O rompimento da ordem jurídica conflagra a aplicação de uma pena, no mais das vezes, a pena de prisão. Não se busca conscientizar, educar ou entender os meios pelos quais houve a violação da ordem.

Fato é que a reação social frente a um delito é, instintivamente, a indignação e o pleito por punição, na forma de segregação, sob o pretexto de tornar a sociedade um lugar mais seguro, como que tornando inócuos os sujeitos potencialmente criminosos. Todavia, muitas vezes o tiro sai pela culatra.

Nos últimos 15 anos, a população carcerária brasileira praticamente triplicou (v. Levantamento Nacional de Informações Penitenciárias, de dezembro de 2014), não apresentando contrapartida simétrica no que diz com a redução da criminalidade. Pelo contrário, a criminalidade tem aumentado.

E, ao contrário do que pensa o senso comum, o encarceramento massivo pode ser um dos grandes responsáveis pelo incremento na criminalidade. Isso porque o sistema penitenciário brasileiro, da forma como está estruturado, se constitui em um dos maiores fatores criminógenos existentes.

É verdadeira a crença popular de que a prisão é a escola do crime. Um sujeito que comete um delito sem violência ou grave ameaça e é submetido às agruras do sistema carcerário tem potencializada a chance de se tornar um criminoso violento, ante as influências as quais é submetido no interior do sistema penal.

Ainda, o cidadão que é preso e não pertence a nenhuma facção precisa, para obter proteção, se vincular a algum grupo, que cobra um preço caro, o qual pode ser pago mediante a prestação de serviços no âmbito da criminalidade.

Além disso, grande parte das atividades relacionadas ao tráfico de drogas, inclusive homicídios, são ordenados do interior das penitenciárias, de modo que a prisão se revela, novamente, ineficaz aos fins para os quais se propõem.

Dentro dessa perspectiva, convém questionar: até que ponto é conveniente manter a aplicação da pena de prisão nos moldes como vem sendo aplicada hoje, de forma violenta e irracional?

Se, por um lado, a prisão satisfaz a ânsia por punição, adimplida pelo sofrimento dos sujeitos encarcerados; por outro, se traduz em malefício à sociedade, uma vez que não impede a prática de crimes e, ao revés, induz o desenvolvimento da engenhosidade dos grupos criminosos.

Com base nisso, é importante frear a subjetividade e resgatar a racionalidade no sentido de evidenciar que o caminho até então trilhado não está funcionando. A prisão cumpre apenas o desejo subjetivo por punição, mas não se demonstrou capaz de reduzir concretamente os fatos criminosos e a violência.

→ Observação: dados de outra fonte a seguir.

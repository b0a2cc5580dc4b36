//! The parts of a term, put on a stack.

ghost use Rattle.std.specs.Prelude.{◌≡◌, ◌||◌, [], ◌∷◌, ◌++◌, OnOk, map};
ghost use Rattle.names_terms.specs.TermViews.{node_view, step_view, steps_of};
ghost use Rattle.names_term_parts.specs.Parts.{arm_list, change_parts, has_prime, is_prime, listed, operand_list, part, parts, parts_of, primes, set_list, step_parts, steps_parts, value_list};
ghost use Rattle.names_term_parts.specs.Waiting.{waiting};

use base_core::NoMemory;
use names_terms::{
    Arms, Bounds, Changes, Fields, Operand, Operands, Step, StepAt, Steps, Term, TermNode, Terms,
};
use reading_trees::PrefixOperator;

/// A term that is still to be read, and whether it stands under a prime.
#[derive(Clone, Copy, Drop)]
pub struct Pending<'a> {
    pub term: &'a Term,
    pub primed: bool,
}

/// Puts a term on the stack.
pub fn push<'a>(stack: &mut Vec<Pending<'a>>, primed: bool, term: &'a Term) -> Result<(), NoMemory>
    ensures { OnOk result (waiting stack.new.items ≡ waiting stack.old.items ++ part primed term.now ∷ []) }
{
    stack.push(Pending { term, primed })?;
    Ok(())
}

fn push_two<'a>(
    stack: &mut Vec<Pending<'a>>,
    primed: bool,
    first: &'a Term,
    second: &'a Term,
    under: bool,
) -> Result<(), NoMemory>
    ensures { OnOk result (waiting stack.new.items ≡ waiting stack.old.items ++ part primed first.now ∷ part under second.now ∷ []) }
{
    push(stack, primed, first)?;
    push(stack, under, second)
}

fn push_three<'a>(
    stack: &mut Vec<Pending<'a>>,
    primed: bool,
    first: &'a Term,
    second: &'a Term,
    third: &'a Term,
) -> Result<(), NoMemory>
    ensures { OnOk result (waiting stack.new.items ≡ waiting stack.old.items ++ part primed first.now ∷ part primed second.now ∷ part primed third.now ∷ []) }
{
    push(stack, primed, first)?;
    push_two(stack, primed, second, third, primed)
}

/// Puts terms on the stack.
pub fn push_terms<'a>(
    stack: &mut Vec<Pending<'a>>,
    primed: bool,
    terms: &'a Terms,
) -> Result<(), NoMemory>
    ensures { OnOk result (waiting stack.new.items ≡ waiting stack.old.items ++ parts_of primed (listed terms.now)) }
{
    let items = terms.items();
    for term in items {
        push(stack, primed, term)?;
    }
    Ok(())
}

fn push_others<'a>(
    stack: &mut Vec<Pending<'a>>,
    primed: bool,
    others: &'a [Operand],
) -> Result<(), NoMemory>
    ensures { OnOk result (waiting stack.new.items ≡ waiting stack.old.items ++ parts_of primed (map (λ x. x.value) others.now)) }
{
    for operand in others {
        push(stack, primed, &operand.value)?;
    }
    Ok(())
}

fn push_operands<'a>(
    stack: &mut Vec<Pending<'a>>,
    primed: bool,
    operands: &'a Operands,
) -> Result<(), NoMemory>
    ensures { OnOk result (waiting stack.new.items ≡ waiting stack.old.items ++ parts_of primed (operand_list operands.now)) }
{
    let (first, others) = operands.parts();
    push(stack, primed, first)?;
    push_others(stack, primed, others)
}

fn push_chain<'a>(
    stack: &mut Vec<Pending<'a>>,
    primed: bool,
    operands: &'a Operands,
    last: &'a Term,
) -> Result<(), NoMemory>
    ensures { OnOk result (waiting stack.new.items ≡ waiting stack.old.items ++ (parts_of primed (operand_list operands.now) ++ part primed last.now ∷ [])) }
{
    push_operands(stack, primed, operands)?;
    push(stack, primed, last)
}

fn push_sets<'a>(
    stack: &mut Vec<Pending<'a>>,
    primed: bool,
    bounds: &'a Bounds,
) -> Result<(), NoMemory>
    ensures { OnOk result (waiting stack.new.items ≡ waiting stack.old.items ++ parts_of primed (set_list bounds.now)) }
{
    let items = bounds.items();
    for bound in items {
        push(stack, primed, &bound.set)?;
    }
    Ok(())
}

fn push_bound<'a>(
    stack: &mut Vec<Pending<'a>>,
    primed: bool,
    bounds: &'a Bounds,
    body: &'a Term,
) -> Result<(), NoMemory>
    ensures { OnOk result (waiting stack.new.items ≡ waiting stack.old.items ++ (parts_of primed (set_list bounds.now) ++ part primed body.now ∷ [])) }
{
    push_sets(stack, primed, bounds)?;
    push(stack, primed, body)
}

fn push_map<'a>(
    stack: &mut Vec<Pending<'a>>,
    primed: bool,
    value: &'a Term,
    bounds: &'a Bounds,
) -> Result<(), NoMemory>
    ensures { OnOk result (waiting stack.new.items ≡ waiting stack.old.items ++ (part primed value.now ∷ [] ++ parts_of primed (set_list bounds.now))) }
{
    push(stack, primed, value)?;
    push_sets(stack, primed, bounds)
}

fn push_values<'a>(
    stack: &mut Vec<Pending<'a>>,
    primed: bool,
    fields: &'a Fields,
) -> Result<(), NoMemory>
    ensures { OnOk result (waiting stack.new.items ≡ waiting stack.old.items ++ parts_of primed (value_list fields.now)) }
{
    let items = fields.items();
    for field in items {
        push(stack, primed, &field.value)?;
    }
    Ok(())
}

fn push_arms<'a>(stack: &mut Vec<Pending<'a>>, primed: bool, arms: &'a Arms) -> Result<(), NoMemory>
    ensures { OnOk result (waiting stack.new.items ≡ waiting stack.old.items ++ parts_of primed (arm_list arms.now)) }
{
    let items = arms.items();
    for arm in items {
        push_two(stack, primed, &arm.test, &arm.value, primed)?;
    }
    Ok(())
}

fn push_case<'a>(
    stack: &mut Vec<Pending<'a>>,
    primed: bool,
    arms: &'a Arms,
    other: &'a Term,
) -> Result<(), NoMemory>
    ensures { OnOk result (waiting stack.new.items ≡ waiting stack.old.items ++ (parts_of primed (arm_list arms.now) ++ part primed other.now ∷ [])) }
{
    push_arms(stack, primed, arms)?;
    push(stack, primed, other)
}

fn either(first: bool, second: bool) -> bool
    ensures { result ≡ (first || second) }
{
    first || second
}

fn is_prime(step: &Step) -> bool
    ensures { result ≡ is_prime (step_view step.now) }
{
    match step {
        Step::Prime => true,
        Step::Index(_) => false,
        Step::Field(_) => false,
    }
}

fn push_step<'a>(stack: &mut Vec<Pending<'a>>, primed: bool, step: &'a Step) -> Result<(), NoMemory>
    ensures { OnOk result (waiting stack.new.items ≡ waiting stack.old.items ++ step_parts primed (step_view step.now)) }
{
    match step {
        Step::Index(terms) => push_terms(stack, primed, terms),
        Step::Prime => Ok(()),
        Step::Field(_) => Ok(()),
    }
}

/// Puts the terms in steps on the stack, the last step first.
fn push_steps<'a>(
    stack: &mut Vec<Pending<'a>>,
    primed: bool,
    steps: &'a [StepAt],
) -> Result<(), NoMemory>
    ensures { OnOk result (waiting stack.new.items ≡ waiting stack.old.items ++ steps_parts primed (steps_of steps.now)) }
{
    let mut under = primed;
    let mut left = steps.len();
    while left > 0 {
        left -= 1;
        let step = &steps[left].step;
        push_step(stack, under, step)?;
        under = either(under, is_prime(step));
    }
    Ok(())
}

fn has_prime(steps: &Steps) -> bool
    ensures { result ≡ has_prime steps.now }
{
    let items = steps.items();
    let mut found = false;
    for step in items {
        found = either(found, is_prime(&step.step));
    }
    found
}

fn push_path<'a>(
    stack: &mut Vec<Pending<'a>>,
    primed: bool,
    path: &'a Steps,
    value: &'a Term,
) -> Result<(), NoMemory>
    ensures { OnOk result (waiting stack.new.items ≡ waiting stack.old.items ++ (steps_parts primed path.now ++ part primed value.now ∷ [])) }
{
    push_steps(stack, primed, path.items())?;
    push(stack, primed, value)
}

fn push_changes<'a>(
    stack: &mut Vec<Pending<'a>>,
    primed: bool,
    changes: &'a Changes,
) -> Result<(), NoMemory>
    ensures { OnOk result (waiting stack.new.items ≡ waiting stack.old.items ++ change_parts primed changes.now) }
{
    let items = changes.items();
    for change in items {
        push_path(stack, primed, &change.path, &change.value)?;
    }
    Ok(())
}

fn push_except<'a>(
    stack: &mut Vec<Pending<'a>>,
    primed: bool,
    base: &'a Term,
    changes: &'a Changes,
) -> Result<(), NoMemory>
    ensures { OnOk result (waiting stack.new.items ≡ waiting stack.old.items ++ (part primed base.now ∷ [] ++ change_parts primed changes.now)) }
{
    push(stack, primed, base)?;
    push_changes(stack, primed, changes)
}

fn push_postfix<'a>(
    stack: &mut Vec<Pending<'a>>,
    primed: bool,
    base: &'a Term,
    steps: &'a Steps,
    last: &'a Step,
) -> Result<(), NoMemory>
    ensures { OnOk result (waiting stack.new.items ≡ waiting stack.old.items ++ (part ((primed || is_prime (step_view last.now)) || has_prime steps.now) base.now ∷ [] ++ step_parts primed (step_view last.now) ++ steps_parts (primed || is_prime (step_view last.now)) steps.now)) }
{
    let under = either(primed, is_prime(last));
    push(stack, either(under, has_prime(steps)), base)?;
    push_step(stack, primed, last)?;
    push_steps(stack, under, steps.items())
}

fn primes(operator: PrefixOperator) -> bool
    ensures { result ≡ primes operator }
{
    match operator {
        PrefixOperator::Unchanged => true,
        PrefixOperator::Not
        | PrefixOperator::Enabled
        | PrefixOperator::Always
        | PrefixOperator::Eventually
        | PrefixOperator::Powerset
        | PrefixOperator::BigUnion
        | PrefixOperator::Domain
        | PrefixOperator::Negate => false,
    }
}

/// Puts the parts of a term on the stack.
pub fn push_parts<'a>(
    stack: &mut Vec<Pending<'a>>,
    primed: bool,
    node: &'a TermNode,
) -> Result<(), NoMemory>
    ensures { OnOk result (waiting stack.new.items ≡ waiting stack.old.items ++ parts primed (node_view node.now)) }
{
    match node {
        TermNode::Known(_) => Ok(()),
        TermNode::Named(_) => Ok(()),
        TermNode::Variable(_) => Ok(()),
        TermNode::Slot(_) => Ok(()),
        TermNode::Use(_, terms) => push_terms(stack, primed, terms),
        TermNode::Standard(_, terms) => push_terms(stack, primed, terms),
        TermNode::Parenthesized(term) => push(stack, primed, term),
        TermNode::Scoped(_, term) => push(stack, primed, term),
        TermNode::All(terms) => push_terms(stack, primed, terms),
        TermNode::Any(terms) => push_terms(stack, primed, terms),
        TermNode::Prefix(operator, term) => push(stack, either(primed, primes(*operator)), term),
        TermNode::Infix(_, operands, last) => push_chain(stack, primed, operands, last),
        TermNode::Postfix(base, steps, last) => push_postfix(stack, primed, base, steps, last),
        TermNode::SetOf(terms) => push_terms(stack, primed, terms),
        TermNode::Filter(set, test) => push_two(stack, primed, set, test, primed),
        TermNode::Map(value, bounds) => push_map(stack, primed, value, bounds),
        TermNode::Tuple(terms) => push_terms(stack, primed, terms),
        TermNode::Function(bounds, value) => push_bound(stack, primed, bounds, value),
        TermNode::FunctionSet(set, value) => push_two(stack, primed, set, value, primed),
        TermNode::Record(fields) => push_values(stack, primed, fields),
        TermNode::RecordSet(fields) => push_values(stack, primed, fields),
        TermNode::Except(base, changes) => push_except(stack, primed, base, changes),
        TermNode::Quantified(_, bounds, body) => push_bound(stack, primed, bounds, body),
        TermNode::Choose(set, test) => push_two(stack, primed, set, test, primed),
        TermNode::If(test, then, last) => push_three(stack, primed, test, then, last),
        TermNode::Case(arms, None) => push_arms(stack, primed, arms),
        TermNode::Case(arms, Some(other)) => push_case(stack, primed, arms, other),
        TermNode::BoxAction(action, subscript) => push_two(stack, primed, action, subscript, true),
        TermNode::AngleAction(action, subscript) => push_two(
            stack, primed, action, subscript, true,
        ),
        TermNode::Fairness(subscript, action) => push_two(stack, primed, subscript, action, primed),
    }
}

Tendo em consta esta perspectiva, cumpre romper com o status quo existente – segundo o qual somente a prisão se constitui medida de punição – a fim de se examinar alternativas à violações da ordem, tais como o desenvolvimento de práticas dialogais, substitutivos penais, penas alternativas e justiça restaurativa.

Por mais que essas formas alternativas de resolução de conflito encontrem resistência no âmbito da sociedade, a comunidade científica possui obrigação de, pelo menos, avaliar sua eficácia e efetividade, considerando-as como ferramentas à disposição do sistema de justiça penal, com as quais se pretende alcançar resultados diferentes dos até então experimentados.

A incrementação da pena de prisão, por mais que nos dê a ilusão de segurança, em verdade se constitui medida paliativa e analgésica que não ataca as fontes reais do problema. É como aumentar a dose de um remédio ineficaz.